A report commissioned by the Australian government found that 1,390 telecoms sites were impacted by the wildfires that wreaked havoc across the country in late 2019 and early 2020.

77 percent of the facilities - which include mobile and fixed-wireless base-stations, nodes, exchanges, equipment shelters, copper and optical fiber cables - experienced outages, meaning that communities were sometimes unable to seek help when they needed it most.

A glimpse of the future

Outage causes
Outage causes – ACMA

Of the 1,390 facilities, 51 percent suffered outages that lasted more than four hours, 26 percent experienced less than four hours of outages, and 23 percent were 'impacted' but did not go down.

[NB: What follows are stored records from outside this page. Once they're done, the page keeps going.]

impl<'a> Scope<'a> {
    ghost use Rattle.std.specs.Prelude.{◌≡◌, ◌<◌, ◌≤◌, ◌^◌, ℕ, map, length, None, All, IfOk, OnOk};
    ghost use Rattle.lb_syntax.specs.declared.limits.TheConstants.{MOST_FUNCTIONS};
    ghost use Rattle.lb_syntax.specs.Names.{IsName};
    ghost use Rattle.lb_syntax.specs.Tree.{Variable, Sets, Stores, Calls, Interacts, procedure_of, term_of, command_of, block_of};
    ghost use Rattle.lb_syntax.specs.Rules.{function_names};
    ghost use Rattle.lb_syntax.specs.WellFormed.{IsWord, IsTerm, IsCommand, IsBlock};
    ghost use Rattle.lb_flat.specs.Code.{Reserve, Branch, Loop, Nothing, Sequence};
    ghost use Rattle.lb_flat.specs.Flat.{flat_block};
    ghost use Rattle.lb_flat.specs.Flattened.{place_in};
    ghost use Rattle.lb_flat.specs.InternalFlatten.{Writes, WritesTerm, WritesTerms, WritesCommand, WritesTest};
    ghost use Rattle.lb_flat.specs.InternalFlatten.{code_of_term, holder_of_term, holders_of_terms, code_of, HasTermRoom, HasTermsRoom, HasRoom};

    /// A scope of these functions and names.
    pub fn new(alloc: Global, functions: &'a [Function], names: VariableNumbers<'a>) -> Scope<'a>
        requires names { length names < 2 ^ 32 }
        requires functions { length functions.now ≤ MOST_FUNCTIONS }
        ensures functions { result.functions
            ≡ function_names (map procedure_of functions.entry.now) }
        ensures names { result.names ≡ names.entry }
    {
        Scope {
            alloc,
            functions,
            names,
        }
    }

    /// The number of the first variable without a name.
    pub fn first_temporary(&self) -> u32
        ensures { result ≡ length self.now.names }
    {
        self.names.len() as u32
    }

    // The number of a variable.
    fn number(&self, name: &Name) -> u32
        ensures value { result ≡ place_in self.now.names name.now }
        ensures is_name { IsName name.now }
    {
        self.names.number(name)
    }

    /// The numbers of several variables. Fails only for want of memory.
    pub fn numbers(&self, names: &[Name]) -> Result<Items<u32>, AllocError>
        ensures value { IfOk result (λ numbers. numbers ≡ map (place_in self.now.names) names.now) }
        ensures are_names { OnOk result (All IsName names.now) }
    {
        let mut numbers = Items::new(self.alloc);
        for name in names {
            numbers.push(self.number(name))?;
        }
        Ok(numbers)
    }

    // Adds the code of an expression, and gives the variable that has its value then: the target, if there is one, else
    // its own variable or t. Those from t on are free.
    fn add_term(
        &self,
        code: &mut Items<FlatCmd>,
        e: &Expr,
        target: Option<u32>,
        t: u32,
    ) -> Result<u32, AllocError>
        requires { HasTermRoom t (term_of e.now) }
        ensures holder { IfOk result (λ n. n ≡ holder_of_term self.now (term_of e.now) target t) }
        ensures code { OnOk result
            (WritesTerm self.now (term_of e.now) target t code.old code.new) }
        ensures well_formed { OnOk result (IsTerm (term_of e.now)) }
    {
        match e {
            Expr::Literal(value) => {
                let (target, value) = (target.unwrap_or(t), word(*value));
                add(code, FlatCmd::Literal { target, value })?;
                Ok(target)
            }
            Expr::Var(name) => self.add_variable(code, name, target),
            Expr::Load { width, address } => {
                let address = self.add_term(code, address.get(), None, t)?;
                let (width, target) = (*width, target.unwrap_or(t));
                add(
                    code,
                    FlatCmd::Load {
                        width,
                        target,
                        address,
                    },
                )?;
                Ok(target)
            }
            Expr::Binary { op, left, right } => {
                let left = self.add_term(code, left.get(), None, t)?;
                let right = self.add_term(code, right.get(), None, t + 1)?;
                let (op, target) = (*op, target.unwrap_or(t));
                add(
                    code,
                    FlatCmd::Binary {
                        op,
                        target,
                        left,
                        right,
                    },
                )?;
                Ok(target)
            }
        }
    }

    // Adds a copy of a variable to the target, if there is one, and gives the variable that has the value then.
    fn add_variable(
        &self,
        code: &mut Items<FlatCmd>,
        name: &Name,
        target: Option<u32>,
    ) -> Result<u32, AllocError>
        ensures holder { IfOk result (λ n.
            n ≡ holder_of_term self.now (Variable name.now) target 0) }
        ensures code { OnOk result ((t : ℕ) →
            WritesTerm self.now (Variable name.now) target t code.old code.new) }
        ensures well_formed { OnOk result (IsTerm (Variable name.now)) }
    {
        let source = self.number(name);
        match target {
            None => Ok(source),
            Some(target) => {
                add(code, FlatCmd::Assign { target, source })?;
                Ok(target)
            }
        }
    }

    // Adds the code of several expressions, where the variables from t on are free, and gives those that have the values
    // then.
    fn add_terms(
        &self,
        code: &mut Items<FlatCmd>,
        es: &[Expr],
        t: u32,
    ) -> Result<Items<u32>, AllocError>
        requires { HasTermsRoom t (map term_of es.now) }
        ensures holders { IfOk result (λ numbers.
            numbers ≡ holders_of_terms self.now (map term_of es.now) t) }
        ensures code { OnOk result
            (WritesTerms self.now (map term_of es.now) t code.old code.new) }
        ensures well_formed { OnOk result (All IsTerm (map term_of es.now)) }
    {
        let mut numbers = Items::new(self.alloc);
        let mut free = t;
        for e in es {
            numbers.push(self.add_term(code, e, None, free)?)?;
            free += 1;
        }
        Ok(numbers)
    }

    // Adds the code of an assignment.
    fn add_set(
        &self,
        code: &mut Items<FlatCmd>,
        target: &Name,
        value: &Expr,
    ) -> Result<(), AllocError>
        requires { HasRoom (length self.now.names) (Sets target.now (term_of value.now)) }
        ensures code { let c = Sets target.now (term_of value.now) in
            OnOk result (WritesCommand self.now c code.old code.new) }
        ensures well_formed { OnOk result (IsCommand (Sets target.now (term_of value.now))) }
    {
        let target = self.number(target);
        self.add_term(code, value, Some(target), self.first_temporary())?;
        Ok(())
    }

    // Adds the code of a store.
    fn add_store(
        &self,
        code: &mut Items<FlatCmd>,
        width: Width,
        address: &Expr,
        value: &Expr,
    ) -> Result<(), AllocError>
        requires { let c = Stores width (term_of address.now) (term_of value.now) in
            HasRoom (length self.now.names) c }
        ensures code { let c = Stores width (term_of address.now) (term_of value.now) in
            OnOk result (WritesCommand self.now c code.old code.new) }
        ensures well_formed { let c = Stores width (term_of address.now) (term_of value.now) in
            OnOk result (IsCommand c) }
    {
        let t = self.first_temporary();
        let address = self.add_term(code, address, None, t)?;
        let value = self.add_term(code, value, None, t + 1)?;
        add(
            code,
            FlatCmd::Store {
                width,
                address,
                value,
            },
        )
    }

    // Adds the code of a call.
    fn add_call(
        &self,
        code: &mut Items<FlatCmd>,
        targets: &[Name],
        function: &Name,
        arguments: &[Expr],
    ) -> Result<(), AllocError>
        requires { let c = Calls targets.now function.now (map term_of arguments.now) in
            HasRoom (length self.now.names) c }
        ensures code { let c = Calls targets.now function.now (map term_of arguments.now) in
            OnOk result (WritesCommand self.now c code.old code.new) }
        ensures well_formed { let c = Calls targets.now function.now (map term_of arguments.now) in
            OnOk result (IsCommand c) }
    {
        let arguments = self.add_terms(code, arguments, self.first_temporary())?;
        let targets = self.numbers(targets)?;
        let function = place_of_function(self.functions, function.as_bytes());
        add(
            code,
            FlatCmd::Call {
                targets,
                function,
                arguments,
            },
        )
    }

    // Adds the code of an access.
    fn add_access(
        &self,
        code: &mut Items<FlatCmd>,
        targets: &[Name],
        action: Action,
        arguments: &[Expr],
    ) -> Result<(), AllocError>
        requires { let c = Interacts targets.now action (map term_of arguments.now) in
            HasRoom (length self.now.names) c }
        ensures code { let c = Interacts targets.now action (map term_of arguments.now) in
            OnOk result (WritesCommand self.now c code.old code.new) }
        ensures well_formed { let c = Interacts targets.now action (map term_of arguments.now) in
            OnOk result (IsCommand c) }
    {
        let arguments = self.add_terms(code, arguments, self.first_temporary())?;
        let targets = self.numbers(targets)?;
        add(
            code,
            FlatCmd::Interact {
                targets,
                action,
                arguments,
            },
        )
    }

    // Adds the code of a block of memory round this body.
    fn add_stack_block(
        &self,
        code: &mut Items<FlatCmd>,
        bytes: u32,
        target: &Name,
        body: FlatBlock,
    ) -> Result<(), AllocError>
        ensures code { let made = Reserve bytes (place_in self.now.names target.now) (flat_block body) in
            OnOk result (Writes code.old code.new (Sequence made)) }
        ensures well_formed { OnOk result (IsWord bytes × IsName target.now) }
    {
        let (bytes, target) = (word(bytes), self.number(target));
        add(
            code,
            FlatCmd::StackAlloc {
                bytes,
                target,
                body,
            },
        )
    }

    // Adds the code of a choice between these blocks.
    fn add_branch(
        &self,
        code: &mut Items<FlatCmd>,
        condition: &Expr,
        yes: FlatBlock,
        no: FlatBlock,
    ) -> Result<(), AllocError>
        requires { HasTermRoom (length self.now.names) (term_of condition.now) }
        ensures code { OnOk result (WritesTest self.now (term_of condition.now)
            (λ test. Branch test (flat_block yes) (flat_block no)) code.old code.new) }
        ensures well_formed { OnOk result (IsTerm (term_of condition.now)) }
    {
        let condition = self.add_term(code, condition, None, self.first_temporary())?;
        add(code, FlatCmd::If { condition, yes, no })
    }

    // Adds the code of a loop round this body.
    fn add_loop(
        &self,
        code: &mut Items<FlatCmd>,
        condition: &Expr,
        body: FlatBlock,
    ) -> Result<(), AllocError>
        requires { HasTermRoom (length self.now.names) (term_of condition.now) }
        ensures code { let t = length self.now.names in
            let test = holder_of_term self.now (term_of condition.now) None t in
            let head = code_of_term self.now (term_of condition.now) None t Nothing in
            OnOk result (Writes code.old code.new (Sequence (Loop head test (flat_block body)))) }
        ensures well_formed { OnOk result (IsTerm (term_of condition.now)) }
    {
        let mut before = Items::new(self.alloc);
        let condition = self.add_term(&mut before, condition, None, self.first_temporary())?;
        add(
            code,
            FlatCmd::While {
                before: closed(before),
                condition,
                body,
            },
        )
    }

    // Adds the code of a command.
    #[cycle(commands)]
    fn add_command(&self, c: &Cmd, code: &mut Items<FlatCmd>) -> Result<(), AllocError>
        requires { HasRoom (length self.now.names) (command_of c.now) }
        ensures code { OnOk result (WritesCommand self.now (command_of c.now) code.old code.new) }
        ensures well_formed { OnOk result (IsCommand (command_of c.now)) }
    {
        match c {
            Cmd::Skip => Ok(()),
            Cmd::Set { target, value } => self.add_set(code, target, value),
            Cmd::Unset { target } => {
                let target = self.number(target);
                add(code, FlatCmd::Unset { target })
            }
            Cmd::Store {
                width,
                address,
                value,
            } => self.add_store(code, *width, address, value),
            Cmd::StackAlloc {
                bytes,
                target,
                body,
            } => {
                let body = self.block(body)?;
                self.add_stack_block(code, *bytes, target, body)
            }
            Cmd::If { condition, yes, no } => {
                let (yes, no) = (self.block(yes)?, self.block(no)?);
                self.add_branch(code, condition, yes, no)
            }
            Cmd::While { condition, body } => {
                let body = self.block(body)?;
                self.add_loop(code, condition, body)
            }
            Cmd::Call {
                targets,
                function,
                arguments,
            } => self.add_call(code, targets.as_slice(), function, arguments.as_slice()),
            Cmd::Interact {
                targets,
                action,
                arguments,
            } => self.add_access(code, targets.as_slice(), *action, arguments.as_slice()),
        }
    }

    /// The code of a block. Fails only for want of memory.
    #[cycle(commands)]
    pub fn block(&self, block: &Block) -> Result<FlatBlock, AllocError>
        requires { HasRoom (length self.now.names) (block_of block.now) }
        ensures code { IfOk result (λ made.
            flat_block made ≡ code_of self.now (block_of block.now) Nothing) }
        ensures well_formed { OnOk result (IsBlock (block_of block.now)) }
    {
        let mut code = Items::new(self.alloc);
        for c in block.commands.as_slice() {
            self.add_command(c, &mut code)?;
        }
        Ok(closed(code))
    }
}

The average length of outage incidents was 3.5 days, while the median was 1.6 days. Equipment shelters took substantially longer than the average to restore, at 23 days,

The report, written by the Australian Communications and Media Authority, noted that telecoms carriers were able to take temporary restoration action to restore services for more than one-third of outage incidents. But in two-thirds of outage cases, restoration efforts by the relevant carriers faced difficulties accessing the sites due to restrictions, such as from fallen trees.

For the entire bushfire season, 51 kilometers (31.6 miles) of copper cabling was damaged and needed to be replaced, along with 8.8 kilometers (5.5 miles) of optical fiber cabling, and an aerial transmission link.

"Most of the outage incidents were caused by power outages rather than direct fire damage," the ACMA report states.

"Direct fire damage only accounted for one percent of outage incidents. This indicates that reliance on mains power does affect network resiliency."

Those that were impacted directly by fire were among the worst hit, however. Of the 11 mobile base stations damaged by fire, only one had been restored by 31 January. "The remaining 10 facilities were damaged between 20 December 2019 to 3 January 2020 and were not restored by the end of the review period," ACMA said.

In total, the fires burnt an estimated 186,000 square kilometers (72,000 square miles) of land, destroyed over 5,900 buildings, and killed at least 34 people. Around one billion animals were killed, including endangered species that are now thought to be essentially extinct.